Month 10-Week 1: Capstone build kickoff¶

Week summary¶

Goal: Begin the Q4 capstone. Repo scaffolding done. Architecture sketched. Eval target chosen and runnable. First end-to-end feature working.
Time: ~10 h over 3 sessions.
Output: Capstone repo with DESIGN, architecture, eval pipeline, first feature.

Why this week matters¶

The capstone is the artifact you'll point to for years. This week is about getting it scoped right and started clean. Avoid the "rebuild from scratch" trap-extend your strongest existing code, don't restart.

Prerequisites¶

M09-W04 complete with Q4 capstone DESIGN.md.
Capstone repo scaffolded.

Recommended cadence¶

Session A-Tue/Wed evening (~3.5 h): scaffolding + DESIGN refinement
Session B-Sat morning (~4 h): architecture + first feature
Session C-Sun afternoon (~2.5 h): eval target wired + paper refresh

Goal: Repo polished. DESIGN.md sharper than M09-W04 version.

Part 1-Boilerplate (60 min)¶

If not done in M09: README.md (placeholder), LICENSE, CONTRIBUTING.md, CI workflow, tests directory, examples directory.

Quality matters here-sloppy scaffolding signals sloppy project.

Re-read your M09 capstone DESIGN. Sharpen: - Make problem statement more specific. - Add 2 references to incumbents (compare what's missing). - Add measurable success criteria. - Add anchor experiment with predicted result. - List risks.

Part 3-First commit (60 min)¶

Push the polished scaffolding + DESIGN. Tag v0.0.1.

Output of Session A¶

Polished capstone repo with strong DESIGN.

Session B-Architecture + first feature¶

Goal: Module structure committed. First end-to-end feature runnable.

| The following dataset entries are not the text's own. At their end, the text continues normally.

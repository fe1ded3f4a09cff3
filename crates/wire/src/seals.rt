//! Seals, by which a line is known to be whole, and of this guest.

ghost use Rattle.std.specs.Prelude.{◌≡◌, ℕ, ◌+◌, ◌≤◌, ◌++◌, ◌∷◌, List, length, IfSome, IfNone};
ghost use Rattle.ft_types.specs.Text.{line as line_of};
ghost use Rattle.wire.specs.Fields.{ArePlain, IsPlain, spelling};
ghost use Rattle.wire.specs.Seals.{seal, sealed};

use crate::fields::{Fields, is};
use crate::line::{LINE_LIMIT, Line};
use ft_types::{Guest, word_text};
use sha2::{Digest, Sha256};

/// The number of bytes of a seal with the space before it.
const SEAL_BYTES: usize = 9;

/// The first four bytes, as a word, of SHA-256 of the image's digest and the text.
fn seal_of(guest: &Guest, text: &[u8]) -> u32
    ensures { result ≡ seal guest.now text.now }
{
    let mut hasher = Sha256::new();
    hasher.update(guest.digest().as_slice());
    hasher.update(text);
    let digest: [u8; 32] = hasher.finalize();
    u32::from_be_bytes([digest[0], digest[1], digest[2], digest[3]])
}

/// The text before its seal.
fn unsealed<'a>(guest: &Guest, bytes: &'a [u8]) -> Option<&'a [u8]>
    ensures found { IfSome result (λ text. bytes.now ≡ sealed guest.now text.now) }
    ensures none { IfNone result ((text : List ℕ) → bytes.now ≡ sealed guest.now text → ⊥) }
{
    if bytes.len() < SEAL_BYTES {
        return None;
    }
    let (text, end) = bytes.split_at(bytes.len() - SEAL_BYTES);
    let (space, word) = end.split_at(1);
    if is(space, b" ") && is(word, &word_text(seal_of(guest, text))) {
        Some(text)
    } else {
        None
    }
}

/// The fields behind this name, in a text that has its seal.
pub(crate) fn read_sealed<'a>(guest: &Guest, name: &[u8], bytes: &'a [u8]) -> Option<Fields<'a>>
    requires { IsPlain name.now }
    ensures found { IfSome result (λ fields. bytes.now ≡ sealed guest.now (spelling (name.now ∷ fields))) }
    ensures one { IfSome result (λ fields. (others : List (List ℕ)) → ArePlain others →
        bytes.now ≡ sealed guest.now (spelling (name.now ∷ others)) → fields ≡ others) }
    ensures none { IfNone result ((others : List (List ℕ)) → ArePlain others →
        bytes.now ≡ sealed guest.now (spelling (name.now ∷ others)) → ⊥) }
{
    let mut fields = Fields::new(unsealed(guest, bytes)?);
    fields.take_name(name)?;
    Some(fields)
}

/// The line of a text, with its seal.
pub(crate) fn seal_line(guest: &Guest, mut text: Line) -> Line
    requires { length text + 10 ≤ LINE_LIMIT }
    ensures { result ≡ line_of (sealed guest.now text) }
{
    let seal = seal_of(guest, text.as_slice());
    text.push_word(seal);
    text.push(b"\n");
    text
}
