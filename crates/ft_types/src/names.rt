//! Harts, keepers, pages, terms and counts.

ghost use Rattle.std.specs.Prelude.{◌≡◌, ◌<◌, ℕ};
ghost use Rattle.ft_types.specs.declared.names.TheConstants.{HART_LIMIT, KEEPER_LIMIT, PAGE_LIMIT};

use std::marker::Model;

/// The number of harts that a machine has at the most.
pub const HART_LIMIT: u8 = 32;

/// The length of a row with a place for each hart.
pub const HART_ROW: usize = HART_LIMIT as usize;

/// The number of keepers that there are at the most.
pub const KEEPER_LIMIT: u8 = 5;

/// The length of a row with a place for each keeper.
pub const KEEPER_ROW: usize = KEEPER_LIMIT as usize;

/// The number of pages that a machine has at the most.
pub const PAGE_LIMIT: u16 = 256;

/// The length of a row with a place for each page.
pub const PAGE_ROW: usize = PAGE_LIMIT as usize;

/// The number of inputs that a hart takes at one count at the most.
pub const INPUT_LIMIT: usize = 8;

/// The number of steps of a lease at the most.
pub const LEASE_STEPS: u64 = 1024;

/// The number of bytes of a page.
pub const PAGE_BYTES: usize = 4096;

/// One more than the greatest count.
pub const COUNT_LIMIT: u64 = 1 << 48;

/// A number of steps of one hart, below `COUNT_LIMIT`.
pub type Count = u64;

/// A term: 0 means boot, and granted ones count from 1.
pub type Term = u32;

/// A hart, by its number.
#[derive(Clone, Copy, Debug, PartialEq, Eq)]
pub struct Hart {
    number: u8,
}

impl Model for Hart {
    ghost Value = { ℕ };

    ghost view = { λ h. h.number };

    ghost invariant = { λ h. h.number < HART_LIMIT };

    ghost inverse = { λ n. record { number = n } };
}

impl Hart {
    /// The hart of this number.
    #[inline(always)]
    pub fn new(number: u8) -> Hart
        requires { number < HART_LIMIT }
        ensures { result ≡ number }
    {
        Hart { number }
    }

    /// The hart's number, below `HART_LIMIT`.
    #[inline(always)]
    pub fn number(self) -> u8
        ensures value { result ≡ self }
        ensures below { result < HART_LIMIT }
    {
        self.number
    }

    /// The hart's number, as the index of a row.
    #[inline(always)]
    pub fn index(self) -> usize
        ensures value { result ≡ self }
        ensures below { result < HART_LIMIT }
    {
        self.number as usize
    }
}

/// A keeper, by its number.
#[derive(Clone, Copy, PartialEq, Eq)]
pub struct Keeper {
    number: u8,
}

impl Model for Keeper {
    ghost Value = { ℕ };

    ghost view = { λ k. k.number };

    ghost invariant = { λ k. k.number < KEEPER_LIMIT };

    ghost inverse = { λ n. record { number = n } };
}

impl Keeper {
    /// The keeper of this number.
    pub fn new(number: u8) -> Keeper
        requires { number < KEEPER_LIMIT }
        ensures { result ≡ number }
    {
        Keeper { number }
    }

    /// The keeper's number, below `KEEPER_LIMIT`.
    pub fn number(self) -> u8
        ensures value { result ≡ self }
        ensures below { result < KEEPER_LIMIT }
    {
        self.number
    }

    /// The keeper's number, as the index of a row.
    pub fn index(self) -> usize
        ensures value { result ≡ self }
        ensures below { result < KEEPER_LIMIT }
    {
        self.number as usize
    }
}

/// A page of RAM, by its number: page `p` begins `p * PAGE_BYTES` bytes after the first address of RAM.
#[derive(Clone, Copy, PartialEq, Eq)]
pub struct PageNo {
    number: u32,
}

impl Model for PageNo {
    ghost Value = { ℕ };

    ghost view = { λ p. p.number };

    ghost invariant = { λ p. p.number < PAGE_LIMIT };

    ghost inverse = { λ n. record { number = n } };
}

impl PageNo {
    /// The page of this number.
    #[inline(always)]
    pub fn new(number: u16) -> PageNo
        requires { number < PAGE_LIMIT }
        ensures { result ≡ number }
    {
        PageNo {
            number: u32::from(number),
        }
    }

    /// The page of a number that is told by a word.
    #[inline(always)]
    pub fn of_word(number: u32) -> PageNo
        requires { number < PAGE_LIMIT }
        ensures { result ≡ number }
    {
        PageNo { number }
    }

    /// The page's number, below `PAGE_LIMIT`.
    #[inline(always)]
    pub fn number(self) -> u8
        ensures value { result ≡ self }
        ensures below { result < PAGE_LIMIT }
    {
        self.number as u8
    }

    /// The page's number, as the index of a row.
    #[inline(always)]
    pub fn index(self) -> usize
        ensures value { result ≡ self }
        ensures below { result < PAGE_LIMIT }
    {
        self.number as usize
    }
}

/// What a hart wants to do with a page.
#[derive(Clone, Copy, PartialEq, Eq)]
pub enum Want {
    Read,
    Write,
}
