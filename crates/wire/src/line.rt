//! Lines that are made on the stack.

ghost use Rattle.std.specs.Prelude.{◌≡◌, ℕ, ◌+◌, ◌<◌, ◌≤◌, ◌++◌, ◌∷◌, [], List, length, take, decimal};
ghost use Rattle.ft_types.specs.Devices.{Writes};
ghost use Rattle.ft_types.specs.Text.{word};

use ft_types::{Failed, LineBuffer, Sink, word_text, write_all};
use std::marker::Model;

/// The number of bytes of a line at the most, its line feed included. The longest that is written is an acknowledgement of 32 harts: it has
/// 26 bytes and 16 for each hart, so 538 at the most, and 698 if its counts were as great as a `u64` can be.
pub const LINE_LIMIT: usize = 1024;

/// A line, or a part of one. Contracts see its bytes.
#[derive(Drop)]
pub struct Line {
    bytes: [u8; LINE_LIMIT],
    len: usize,
}

impl Model for Line {
    ghost use Rattle.std.specs.Prelude.{ℕ, List, take, ◌≤◌};
    ghost use Rattle.wire.specs.declared.line.TheConstants.{LINE_LIMIT};

    ghost Value = { List ℕ };

    ghost view = { λ l. take l.len l.bytes };

    ghost invariant = { λ l. l.len ≤ LINE_LIMIT };
}

fn put(bytes: &mut [u8], at: usize, piece: &[u8])
    requires { at + length piece.now ≤ length bytes.old }
    ensures { take (at + length piece.now) bytes.new ≡ take at bytes.old ++ piece.now }
{
    bytes[at..at + piece.len()].copy_from_slice(piece);
}

impl Line {
    /// A line without bytes.
    pub(crate) fn new() -> Line
        ensures { result ≡ [] }
    {
        Line {
            bytes: [0; LINE_LIMIT],
            len: 0,
        }
    }

    /// Takes all bytes out.
    pub(crate) fn clear(&mut self)
        ensures { self.new ≡ [] }
    {
        self.len = 0;
    }

    /// The number of its bytes.
    pub(crate) fn len(&self) -> usize
        ensures value { result ≡ length self.now }
        ensures limit { result ≤ LINE_LIMIT }
    {
        self.len
    }

    /// Its bytes.
    pub fn as_slice(&self) -> &[u8]
        ensures value { result.now ≡ self.now }
        ensures limit { length result.now ≤ LINE_LIMIT }
    {
        &self.bytes[..self.len]
    }

    /// Adds bytes at the end.
    pub(crate) fn push(&mut self, piece: &[u8])
        requires { length self.old + length piece.now ≤ LINE_LIMIT }
        ensures bytes { self.new ≡ self.old ++ piece.now }
        ensures len { length self.new ≡ length self.old + length piece.now }
    {
        put(&mut self.bytes, self.len, piece);
        self.len += piece.len();
    }

    /// Adds a field behind a space.
    pub(crate) fn push_field(&mut self, field: &[u8])
        requires { length self.old + length field.now < LINE_LIMIT }
        ensures bytes { self.new ≡ self.old ++ 32 ∷ field.now }
        ensures len { length self.new ≡ length self.old + length field.now + 1 }
    {
        self.push(b" ");
        self.push(field);
    }

    /// Adds a number.
    pub(crate) fn push_digits(&mut self, number: u64)
        requires { length self.old + 20 ≤ LINE_LIMIT }
        ensures bytes { self.new ≡ self.old ++ decimal number }
        ensures len { length self.new ≤ length self.old + 20 }
    {
        let mut digits = LineBuffer::new();
        digits.push_number(number);
        self.push(digits.as_slice());
    }

    /// Adds a number behind a space.
    pub(crate) fn push_number(&mut self, number: u64)
        requires { length self.old + 21 ≤ LINE_LIMIT }
        ensures bytes { self.new ≡ self.old ++ 32 ∷ decimal number }
        ensures len { length self.new ≤ length self.old + 21 }
    {
        self.push(b" ");
        self.push_digits(number);
    }

    /// Adds a word behind a space.
    pub(crate) fn push_word(&mut self, value: u32)
        requires { length self.old + 9 ≤ LINE_LIMIT }
        ensures bytes { self.new ≡ self.old ++ 32 ∷ word value }
        ensures len { length self.new ≡ length self.old + 9 }
    {
        self.push_field(&word_text(value));
    }

    /// Writes it.
    pub fn write<W: Sink>(&self, out: &mut W) -> Result<(), Failed>
        ensures { Writes result (W.bytes out.old) (W.bytes out.new) (W.failures out.old) (W.failures out.new) self.now }
    {
        write_all(out, self.as_slice())
    }
}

Part 1-Module sketch (45 min)¶

<capstone>/
├── src/<capstone>/
│   ├── __init__.py
│   ├── core.py          # main interfaces
│   ├── <feature1>.py
│   ├── <feature2>.py
├── tests/
├── examples/
├── docs/
└── pyproject.toml

Define the core.py interfaces-abstract base classes or Protocols. Type-annotate.

Part 2-Build first feature (135 min)¶

The smallest end-to-end thing that works. Examples: - (Track A) Task → Solver → Scorer pipeline runnable on 5 examples. - (Track B) Agent that reads a benchmark task and produces an output (low quality is fine; focus on pipeline). - (Track C) Benchmark harness that captures TTFT / throughput on a single config.

Part 3-Push (15 min)¶

Commit. CI green.

Output of Session B¶

Module structure committed.
First feature working end-to-end.

Session C-Eval target + paper refresh¶

Goal: Eval target wired and runnable. Refresh top 3 papers from the year.

Part 1-Eval target (75 min)¶

Pick the public benchmark or eval suite the capstone will be measured on: - (A) A specific eval task in your eval framework, with a target metric. - (B) SWE-bench Lite (50 issues), GAIA, or τ-bench. - (C) A standardized inference benchmark (your own, well-defined).

Get one full run end-to-end. Score doesn't matter yet-the pipeline matters.

Part 2-Re-read top 3 papers (60 min)¶

Pick the 3 most useful papers from your year. Re-read. They will hit differently now.

Likely candidates: - Foundational paper for your track. - A frontier paper (DeepSeek-V3 / R1). - A method paper (DPO, FSDP, ReAct, vLLM, etc.).

Add 100-word "what I see now I didn't before" notes to each.

Part 3-Push + LEARNING_LOG (15 min)¶

Output of Session C¶

Eval target wired.
Refresh notes on 3 papers.

End-of-week artifact¶

Capstone repo with DESIGN, scaffolding, first feature
Module structure committed
Eval pipeline runnable
3 refresh-paper notes

End-of-week self-assessment¶

My capstone has a measurable success criterion.
First feature runs end-to-end.
Eval pipeline is wired (not just planned).

Common failure modes for this week¶

Over-scoping the first feature. Smallest-possible thing first.
DESIGN as wishlist. Commitments, not aspirations.
No eval pipeline. Without it, you're shipping by feel.

What's next (preview of M10-W02)¶

Build sprint week 1. 3-5 substantive features. Eval each.